How many of the lines below include the word "crates"? Only the number should be given.

Records for this task section start

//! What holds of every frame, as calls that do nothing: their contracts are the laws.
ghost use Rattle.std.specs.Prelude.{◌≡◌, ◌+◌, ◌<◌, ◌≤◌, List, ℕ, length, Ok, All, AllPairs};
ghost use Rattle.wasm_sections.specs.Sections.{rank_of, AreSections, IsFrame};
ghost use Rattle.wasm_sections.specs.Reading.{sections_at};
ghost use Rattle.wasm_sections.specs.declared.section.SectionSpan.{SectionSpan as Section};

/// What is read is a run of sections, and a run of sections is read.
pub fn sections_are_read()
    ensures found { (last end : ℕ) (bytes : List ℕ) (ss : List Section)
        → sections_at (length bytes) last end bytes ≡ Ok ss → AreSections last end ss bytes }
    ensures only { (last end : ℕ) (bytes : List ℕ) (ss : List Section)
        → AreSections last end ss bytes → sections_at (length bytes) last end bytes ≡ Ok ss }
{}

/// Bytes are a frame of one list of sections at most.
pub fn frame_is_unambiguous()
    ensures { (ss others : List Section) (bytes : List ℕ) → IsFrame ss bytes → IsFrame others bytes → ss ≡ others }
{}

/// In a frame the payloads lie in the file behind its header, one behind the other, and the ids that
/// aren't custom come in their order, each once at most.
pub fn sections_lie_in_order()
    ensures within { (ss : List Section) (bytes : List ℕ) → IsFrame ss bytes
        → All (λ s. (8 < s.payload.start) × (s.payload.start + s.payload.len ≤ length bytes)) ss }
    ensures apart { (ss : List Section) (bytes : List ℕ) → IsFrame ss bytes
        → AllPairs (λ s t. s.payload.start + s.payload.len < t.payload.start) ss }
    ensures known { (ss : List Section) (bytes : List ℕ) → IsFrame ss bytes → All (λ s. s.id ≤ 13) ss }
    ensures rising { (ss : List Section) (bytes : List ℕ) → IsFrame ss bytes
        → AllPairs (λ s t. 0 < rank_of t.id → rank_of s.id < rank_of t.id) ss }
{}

Records for this task section end
Records for this task section start

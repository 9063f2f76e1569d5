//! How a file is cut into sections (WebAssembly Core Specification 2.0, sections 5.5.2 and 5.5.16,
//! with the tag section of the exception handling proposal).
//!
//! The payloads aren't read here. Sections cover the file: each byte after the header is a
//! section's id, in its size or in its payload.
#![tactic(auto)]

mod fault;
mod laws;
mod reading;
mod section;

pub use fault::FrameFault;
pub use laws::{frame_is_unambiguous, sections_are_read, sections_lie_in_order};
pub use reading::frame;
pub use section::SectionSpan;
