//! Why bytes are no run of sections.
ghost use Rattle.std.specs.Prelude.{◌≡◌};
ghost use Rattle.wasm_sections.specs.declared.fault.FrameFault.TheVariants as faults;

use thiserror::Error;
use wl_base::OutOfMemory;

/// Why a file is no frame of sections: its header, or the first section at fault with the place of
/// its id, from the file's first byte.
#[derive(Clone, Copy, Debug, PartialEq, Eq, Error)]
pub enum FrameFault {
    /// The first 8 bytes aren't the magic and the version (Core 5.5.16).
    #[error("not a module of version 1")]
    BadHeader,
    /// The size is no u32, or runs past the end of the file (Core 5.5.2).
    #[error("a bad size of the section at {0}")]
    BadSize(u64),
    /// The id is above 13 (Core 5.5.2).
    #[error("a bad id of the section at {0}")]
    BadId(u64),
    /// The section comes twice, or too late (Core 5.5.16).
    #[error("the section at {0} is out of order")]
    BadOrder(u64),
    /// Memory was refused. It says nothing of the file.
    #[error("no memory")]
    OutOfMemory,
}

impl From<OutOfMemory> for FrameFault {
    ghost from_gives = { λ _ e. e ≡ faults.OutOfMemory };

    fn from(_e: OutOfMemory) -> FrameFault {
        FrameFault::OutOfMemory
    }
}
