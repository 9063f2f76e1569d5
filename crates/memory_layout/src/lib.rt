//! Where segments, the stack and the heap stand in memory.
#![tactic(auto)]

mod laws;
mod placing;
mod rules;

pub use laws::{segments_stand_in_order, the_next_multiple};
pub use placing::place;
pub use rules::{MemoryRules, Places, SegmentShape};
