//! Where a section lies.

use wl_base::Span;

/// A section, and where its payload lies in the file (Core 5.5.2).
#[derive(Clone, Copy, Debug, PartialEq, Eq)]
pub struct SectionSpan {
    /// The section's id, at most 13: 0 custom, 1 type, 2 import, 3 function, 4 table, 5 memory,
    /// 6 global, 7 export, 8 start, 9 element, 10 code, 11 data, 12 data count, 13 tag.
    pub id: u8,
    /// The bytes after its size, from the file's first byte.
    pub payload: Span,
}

Records for this task section end
Records for this task section start

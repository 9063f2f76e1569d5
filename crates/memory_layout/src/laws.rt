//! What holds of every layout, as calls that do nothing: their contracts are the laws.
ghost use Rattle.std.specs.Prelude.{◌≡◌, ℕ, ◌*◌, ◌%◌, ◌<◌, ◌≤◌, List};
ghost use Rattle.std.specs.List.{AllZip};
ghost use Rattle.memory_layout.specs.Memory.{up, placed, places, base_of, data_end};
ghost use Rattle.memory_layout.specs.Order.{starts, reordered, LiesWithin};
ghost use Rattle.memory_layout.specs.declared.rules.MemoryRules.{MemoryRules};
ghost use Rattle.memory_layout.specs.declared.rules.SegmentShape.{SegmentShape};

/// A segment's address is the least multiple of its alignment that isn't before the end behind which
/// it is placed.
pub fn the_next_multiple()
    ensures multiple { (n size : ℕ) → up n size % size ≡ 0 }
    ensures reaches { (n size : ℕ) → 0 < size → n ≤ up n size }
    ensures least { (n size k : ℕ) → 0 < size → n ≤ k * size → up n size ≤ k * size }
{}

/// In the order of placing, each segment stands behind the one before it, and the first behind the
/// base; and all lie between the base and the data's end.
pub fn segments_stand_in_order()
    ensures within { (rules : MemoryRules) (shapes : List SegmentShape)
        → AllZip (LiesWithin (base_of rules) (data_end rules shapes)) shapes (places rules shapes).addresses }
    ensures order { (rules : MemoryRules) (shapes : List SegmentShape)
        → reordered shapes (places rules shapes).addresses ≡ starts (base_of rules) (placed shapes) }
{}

Records for this task section end

> Exercise answer
2